There has been a two decade long battle to get ME recognised and there is now a huge amount of research pointing towards problems with muscles, nerves and the immune system which refutes absolutely any suggestion that ME is a psychological disorder.  In addition there are many other diseases for which no single, diagnostic test is available (hypermobile EDS for one) yet no-one suggests for one minute they are imaginary or don’t exist.  I can’t believe, in 2015, I’m still having to defend the condition against this sort of ill-informed prejudice.  When is it going to stop?

Bits n Bobs

There’s nothing like starting off a Blog post with an informative, clever and witty title……..or not as the case may be ;-).

I’ve added a new page to the site on My Symptoms so that you can compare yours to mine (you wouldn’t think it was physically possible to have this much wrong with you yet still look like a totally normal functioning human being, some of time at least).  I actually found this page quite hard to write.  I’ve been ill now since 1994 and have had so many symptoms over the past 20 years it’s hard to remember them all, especially as some of them have, for the most part, gone and only come back when I have a relapse (which, thank God, is rare these days).  It’s also been so long since I was healthy I just accept my broken body, and forget that the myriad of symptoms I cope with every day of my life really isn’t normal.  So I’ve no doubt forgotten some issues that are quite important and will keep going back to the page and adding as I remember (I sooooo miss having a properly functioning brain)!

I also forgot to add my ‘dirty elbows’ to my Skin post so have updated that.  Does anyone else have ‘dirty elbows’?  I have no clue what this pigmentation is all about, or why it’s just on my elbows and no-where else!  The skin isn’t dry or hard or rough, just brown for absolutely no reason.  I’m sure it’s nothing at all to worry about (not that I do, worry I mean) but it does look like I can’t be bothered to bathe (which, if I’m honest, I can’t most of the time – it’s exhausting – but that’s not a fact I’d like my elbows to advertise to the entire globe!).

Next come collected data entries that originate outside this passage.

/// The first failure decides, and the third branch never starts.
fn quote_branch_fails()
    ensures replies { replies 0 (past_of (Opening ∷ asks quote None 0 ∷ fails 0 1 Code.ResourceExhausted (codes "sold out") ∷ answers 0 0 (codes "1") ∷ []))
        ≡ failed Code.ResourceExhausted (codes "hotel: sold out") ∷ [] }
    ensures starts { row_starts (Opening ∷ asks quote None 0 ∷ fails 0 1 Code.ResourceExhausted (codes "sold out") ∷ answers 0 0 (codes "1") ∷ [])
        ≡ starts_then quote 1 0 0 ∷ starts_then quote 1 0 1 ∷ [] }
    ensures body { document Code.ResourceExhausted (codes "hotel: sold out") ≡ codes "{\"code\":\"resource_exhausted\",\"message\":\"hotel: sold out\"}" }
    ensures body_bytes { length (document Code.ResourceExhausted (codes "hotel: sold out")) ≡ 57 }
    ensures bytes { bytes_queued (Opening ∷ asks quote None 0 ∷ fails 0 1 Code.ResourceExhausted (codes "sold out") ∷ answers 0 0 (codes "1") ∷ []) ≡ 143 }
{}

/// The request's timeout is reached at 1100, not at 1099.
fn header_deadline()
    ensures before { replies 0 (past_of (Opening ∷ Moment 1000 ∷ asks quote (Some 100) 0 ∷ Moment 1099 ∷ []))
        ≡ [] }
    ensures replies { replies 0 (past_of (Opening ∷ Moment 1000 ∷ asks quote (Some 100) 0 ∷ Moment 1099 ∷ Moment 1100 ∷ []))
        ≡ failed Code.DeadlineExceeded (codes "context deadline exceeded") ∷ [] }
    ensures body { document Code.DeadlineExceeded (codes "context deadline exceeded") ≡ codes "{\"code\":\"deadline_exceeded\",\"message\":\"context deadline exceeded\"}" }
    ensures body_bytes { length (document Code.DeadlineExceeded (codes "context deadline exceeded")) ≡ 66 }
    ensures bytes { bytes_queued (Opening ∷ Moment 1000 ∷ asks quote (Some 100) 0 ∷ Moment 1099 ∷ Moment 1100 ∷ []) ≡ 150 }
{}

/// The plan's timeout is the smaller one.
fn plan_deadline()
    ensures before { replies 0 (past_of (Opening ∷ Moment 0 ∷ asks quote (Some 9999999999) 0 ∷ Moment 4999 ∷ []))
        ≡ [] }
    ensures replies { replies 0 (past_of (Opening ∷ Moment 0 ∷ asks quote (Some 9999999999) 0 ∷ Moment 4999 ∷ Moment 5000 ∷ []))
        ≡ failed Code.DeadlineExceeded (codes "context deadline exceeded") ∷ [] }
{}

/// A call that is decided as it arrives starts nothing.
fn zero_timeout_and_drained()
    ensures replies { replies 0 (past_of (Opening ∷ asks quote (Some 0) 0 ∷ []))
        ≡ failed Code.DeadlineExceeded (codes "context deadline exceeded") ∷ [] }
    ensures starts { row_starts (Opening ∷ asks quote (Some 0) 0 ∷ [])
        ≡ [] }
    ensures drained { replies 0 (past_of (Opening ∷ Drain ∷ asks quote None 0 ∷ []))
        ≡ failed Code.Unavailable (codes "gateway is draining") ∷ [] }
    ensures drained_starts { row_starts (Opening ∷ Drain ∷ asks quote None 0 ∷ [])
        ≡ [] }
    ensures bytes { bytes_queued (Opening ∷ asks quote (Some 0) 0 ∷ []) ≡ 150 }
    ensures drained_body { document Code.Unavailable (codes "gateway is draining") ≡ codes "{\"code\":\"unavailable\",\"message\":\"gateway is draining\"}" }
    ensures drained_body_bytes { length (document Code.Unavailable (codes "gateway is draining")) ≡ 54 }
    ensures drained_bytes { bytes_queued (Opening ∷ Drain ∷ asks quote None 0 ∷ []) ≡ 142 }
{}

/// Results of branches that are not out are not counted.
fn stray_results()
    ensures not_started { how_seen (call_id 0 0) 2 (past_of (Opening ∷ asks quote None 0 ∷ []))
        ≡ Seen.Unknown }
    ensures counted { how_seen (call_id 0 0) 1 (past_of (Opening ∷ asks quote None 0 ∷ answers 0 2 (codes "3") ∷ []))
        ≡ Seen.Counted }
    ensures again { how_seen (call_id 0 0) 1 (past_of (Opening ∷ asks quote None 0 ∷ answers 0 2 (codes "3") ∷ answers 0 1 (codes "2") ∷ []))
        ≡ Seen.Unknown }
    ensures failure { how_seen (call_id 0 0) 0 (past_of (Opening ∷ asks quote None 0 ∷ answers 0 2 (codes "3") ∷ answers 0 1 (codes "2") ∷ answers 0 1 (codes "9") ∷ []))
        ≡ Seen.Counted }
    ensures late { how_seen (call_id 0 0) 2 (past_of (Opening ∷ asks quote None 0 ∷ answers 0 2 (codes "3") ∷ answers 0 1 (codes "2") ∷ answers 0 1 (codes "9") ∷ fails 0 0 Code.Unavailable (codes "HTTP status 503") ∷ []))
        ≡ Seen.Late }
    ensures late_again { how_seen (call_id 0 0) 2 (past_of (Opening ∷ asks quote None 0 ∷ answers 0 2 (codes "3") ∷ answers 0 1 (codes "2") ∷ answers 0 1 (codes "9") ∷ fails 0 0 Code.Unavailable (codes "HTTP status 503") ∷ answers 0 2 (codes "3") ∷ []))
        ≡ Seen.Unknown }
    ensures replies { replies 0 (past_of (Opening ∷ asks quote None 0 ∷ answers 0 2 (codes "3") ∷ answers 0 1 (codes "2") ∷ answers 0 1 (codes "9") ∷ fails 0 0 Code.Unavailable (codes "HTTP status 503") ∷ answers 0 2 (codes "3") ∷ answers 0 2 (codes "3") ∷ []))
        ≡ failed Code.Unavailable (codes "flight: HTTP status 503") ∷ [] }
    ensures body { document Code.Unavailable (codes "flight: HTTP status 503") ≡ codes "{\"code\":\"unavailable\",\"message\":\"flight: HTTP status 503\"}" }
    ensures body_bytes { length (document Code.Unavailable (codes "flight: HTTP status 503")) ≡ 58 }
    ensures bytes { bytes_queued (Opening ∷ asks quote None 0 ∷ answers 0 2 (codes "3") ∷ answers 0 1 (codes "2") ∷ answers 0 1 (codes "9") ∷ fails 0 0 Code.Unavailable (codes "HTTP status 503") ∷ answers 0 2 (codes "3") ∷ answers 0 2 (codes "3") ∷ []) ≡ 146 }
{}

/// The peer hangs up.
fn hang_up()
    ensures replies { replies 0 (past_of (Opening ∷ asks ping None 0 ∷ HangUp 0 ∷ []))
        ≡ failed Code.Canceled (codes "context canceled") ∷ [] }
    ensures body { document Code.Canceled (codes "context canceled") ≡ codes "{\"code\":\"canceled\",\"message\":\"context canceled\"}" }
    ensures body_bytes { length (document Code.Canceled (codes "context canceled")) ≡ 48 }
    ensures bytes { bytes_queued (Opening ∷ asks ping None 0 ∷ HangUp 0 ∷ []) ≡ 138 }
{}

/// The greatest moment counts, not the newest.
fn moments_back()
    ensures before { replies 0 (past_of (Opening ∷ Moment 50 ∷ Moment 20 ∷ asks ping (Some 10) 0 ∷ Moment 59 ∷ []))
        ≡ [] }
    ensures replies { replies 0 (past_of (Opening ∷ Moment 50 ∷ Moment 20 ∷ asks ping (Some 10) 0 ∷ Moment 59 ∷ Moment 60 ∷ []))
        ≡ failed Code.DeadlineExceeded (codes "context deadline exceeded") ∷ [] }
{}

/// An answer comes before the deadline.
fn answered_before_deadline()
    ensures replies { replies 0 (past_of (Opening ∷ asks ping (Some 10) 0 ∷ Moment 9 ∷ answers 0 0 (codes "1") ∷ Moment 10 ∷ []))
        ≡ succeeded (codes "{\"pong\":1}") ∷ [] }
{}
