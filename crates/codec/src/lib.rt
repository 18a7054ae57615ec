// Records as bytes: what is written is read back, and what is read is written again. Definitions and their laws; there is no code here.
#![tactic(auto)]
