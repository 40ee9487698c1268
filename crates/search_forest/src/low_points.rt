// The two low vertices of each vertex: those at its two low points.
ghost use Rattle.std.specs.Prelude.{◌≡◌, ◌+◌, ◌*◌, ◌<◌, ◌≤◌, [], length, drop, IfOk, slice_index};
ghost use Rattle.multigraph.specs.Graph.{edge_count, IsGraph};
ghost use Rattle.search_forest.specs.Searching.{IsOver};
ghost use Rattle.search_forest.specs.Low.{LowVertices, taken, CanTake, Tells, AreLowSoFar, AreLowVertices};

use crate::search::Forest;
use multigraph::Graph;
use std::alloc::{AllocError, Global};
use std::marker::Model;
use std::sync::ledger::Ledger;
use step_count::Steps;

/// For each vertex the least deep and the second least deep of itself and the vertices that its descendants' fronds lead to.
#[derive(Drop)]
pub struct Low {
    first: Vec<u32>,
    second: Vec<u32>,
}

impl Model for Low {
    ghost use Rattle.search_forest.specs.Low.{LowVertices};

    ghost Value = { LowVertices };

    ghost view = { λ low. record { first = low.first.items; second = low.second.items } };
}

// The numbers below `total`, in increasing order.
fn numbers_from_zero<L: Ledger>(
    alloc: Global,
    total: u32,
    steps: &mut Steps<L>,
) -> Result<Vec<u32>, AllocError>
    ensures numbers { IfOk result (λ l. Tells 0 (λ v. v) total l.items) }
    ensures cost { steps.new ≤ steps.old + total }
    ensures rises { steps.old ≤ steps.new }
{
    let mut numbers = Vec::with_capacity(alloc, total as usize)?;
    for number in 0..total {
        steps.tick();
        numbers.push(number)?;
    }
    Ok(numbers)
}

impl Low {
    /// Of each vertex the first low vertex.
    pub fn first(&self) -> &[u32]
        ensures { result.now ≡ self.now.first }
    {
        self.first.as_slice()
    }

    /// Of each vertex the second low vertex.
    pub fn second(&self) -> &[u32]
        ensures { result.now ≡ self.now.second }
    {
        self.second.as_slice()
    }

    /// The first low vertex of the vertex.
    pub fn first_of(&self, vertex: u32) -> u32
        requires { vertex < length self.now.first }
        ensures { result ≡ slice_index self.now.first vertex }
    {
        self.first[vertex as usize]
    }

    /// The second low vertex of the vertex.
    pub fn second_of(&self, vertex: u32) -> u32
        requires { vertex < length self.now.second }
        ensures { result ≡ slice_index self.now.second vertex }
    {
        self.second[vertex as usize]
    }

    // Each vertex with itself as its low vertices.
    fn own<L: Ledger>(
        alloc: Global,
        graph: &Graph,
        search: &Forest,
        steps: &mut Steps<L>,
    ) -> Result<Low, AllocError>
        requires { IsOver graph.now search.now }
        ensures low { IfOk result (λ low. AreLowSoFar graph.now search.now low 0 []) }
        ensures cost { steps.new ≤ steps.old + 2 * graph.now.vertex_count }
        ensures rises { steps.old ≤ steps.new }
    {
        let first = numbers_from_zero(alloc, graph.vertex_count(), steps)?;
        let second = numbers_from_zero(alloc, graph.vertex_count(), steps)?;
        Ok(Low { first, second })
    }

    // Takes into account at `vertex` that something leads from there to the vertex `reached`.
    fn take(&mut self, depth: &[u32], vertex: u32, reached: u32)
        requires { CanTake depth.now self.old vertex reached }
        ensures { self.new ≡ taken depth.now self.old vertex reached }
    {
        let first = self.first[vertex as usize];
        let second = self.second[vertex as usize];
        let level = depth[reached as usize];
        if level < depth[first as usize] {
            self.first[vertex as usize] = reached;
            self.second[vertex as usize] = first;
        } else if depth[first as usize] < level && level < depth[second as usize] {
            self.second[vertex as usize] = reached;
        }
    }

    // Takes the edge into account at its lower end, where it is a frond.
    fn take_edge(&mut self, graph: &Graph, search: &Forest, edge: u32)
        requires graph { IsGraph graph.now }
        requires over { IsOver graph.now search.now }
        requires edge_in { edge < edge_count graph.now }
        requires low { AreLowSoFar graph.now search.now self.old edge [] }
        ensures { AreLowSoFar graph.now search.now self.new (edge + 1) [] }
    {
        if search.is_tree_edge(graph, edge) {
            return;
        }
        let lower = search.lower_end(edge);
        let upper = search.upper_end(graph, edge);
        self.take(search.depths(), lower, upper);
    }

    // Takes all fronds into account at their lower ends.
    fn take_edges<L: Ledger>(&mut self, graph: &Graph, search: &Forest, steps: &mut Steps<L>)
        requires graph { IsGraph graph.now }
        requires over { IsOver graph.now search.now }
        requires low { AreLowSoFar graph.now search.now self.old 0 [] }
        ensures low { AreLowSoFar graph.now search.now self.new (edge_count graph.now) [] }
        ensures cost { steps.new ≡ steps.old + edge_count graph.now }
    {
        for edge in 0..graph.edge_count() {
            steps.tick(); // one turn for each edge
            self.take_edge(graph, search, edge);
        }
    }

    // Hands what the vertex leads to on to its parent, where it has one.
    fn hand_on(&mut self, graph: &Graph, search: &Forest, vertex: u32, place: usize)
        requires graph { IsGraph graph.now }
        requires over { IsOver graph.now search.now }
        requires within { place < length search.now.order }
        requires vertex { vertex ≡ slice_index search.now.order place }
        requires low { AreLowSoFar graph.now search.now self.old (edge_count graph.now)
            (drop (place + 1) search.now.order) }
        ensures { AreLowSoFar graph.now search.now self.new (edge_count graph.now)
            (drop place search.now.order) }
    {
        let _ = place; // for the contract alone
        if search.depth_of(vertex) == 0 {
            return;
        }
        let parent = search.parent_of(vertex);
        let first = self.first_of(vertex);
        let second = self.second_of(vertex);
        self.take(search.depths(), parent, first);
        self.take(search.depths(), parent, second);
    }

    // Hands on what the vertices lead to, from the last one in order to the first.
    fn hand_up<L: Ledger>(&mut self, graph: &Graph, search: &Forest, steps: &mut Steps<L>)
        requires graph { IsGraph graph.now }
        requires over { IsOver graph.now search.now }
        requires low { AreLowSoFar graph.now search.now self.old (edge_count graph.now) [] }
        ensures low { AreLowVertices graph.now search.now self.new }
        ensures cost { steps.new ≡ steps.old + length search.now.order }
    {
        let order = search.order();
        for after in 0..order.len() {
            steps.tick();
            let place = order.len() - 1 - after;
            self.hand_on(graph, search, order[place], place);
        }
    }

    /// The two low vertices of each vertex (Hopcroft and Tarjan 1973), and the steps: the turns of all loops. Fails only if
    /// memory runs out.
    pub fn of<L: Ledger>(
        alloc: Global,
        graph: &Graph,
        search: &Forest,
        steps: &mut Steps<L>,
    ) -> Result<Low, AllocError>
        requires graph { IsGraph graph.now }
        requires over { IsOver graph.now search.now }
        ensures low { IfOk result (λ low. AreLowVertices graph.now search.now low) }
        ensures cost { steps.new ≤ steps.old + edge_count graph.now + 3 * graph.now.vertex_count }
        ensures rises { steps.old ≤ steps.new }
        ensures least { IfOk result (λ _. steps.old + edge_count graph.now ≤ steps.new) }
    {
        let mut low = Low::own(alloc, graph, search, steps)?;
        low.take_edges(graph, search, steps);
        low.hand_up(graph, search, steps);
        Ok(low)
    }
}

And speaking of skin, I have large chunks of it missing now that summer has (finally!) arrived here in the UK.  I made the fatal mistake of wearing flipflops (which resulted in the skin between my toes being rubbed clean away) and a pair of trainers without socks (which resulted in blisters the size of coins on both my little toes).  Having ‘delicate skin’ sounds feminine and romantic but in practice is a bloody nuisance.  Plus, you can’t wear orthotic insoles with summer shoes, so of course I went over on my ankle several times which is now swollen and a lovely shade of greeny purple.   Someone on the EDS forum posted a link about sandals which contain custom built-in orthotics.  They look just the job, so I’m making an appointment with my Podiatrist to see if I can get a copy of my prescription to have some summer shoes made.  Honestly, this being ill malarkey is soooo expensive and all at a time when you’re skint-a-roony because you’re unable to work as you’re ill :-/

The excitement for the week was receiving my DNA testing kit from America.  The hypermobile type of Ehlers-Danlos Syndrome is the only type for which a gene hasn’t been identified, so a group of patients on the Inspire EDS forum have decided to have their genes tested at their own expense and to pool the results to see if they can come up with any patterns.  I decided to take part (costs about £116 including shipping) as the test provides a mind-blowing array of information including your ancestry (ie African, European, Asian), how Neanderthal you are (probably 90%, the other 10% being ape 😉 ), how well you metabolize drugs (this will be very interesting considering I can’t take drugs of any description), which diseases you genetically carry (I’m looking specifically for Dupuytrens Contracture, Osteoporosis and Essential Tremor as my Mum has all three) and which diseases you are at risk of contracting.  I now have to wait about 2 months for the results (the suspense will kill me because I’m really not the most patient patient in the world!).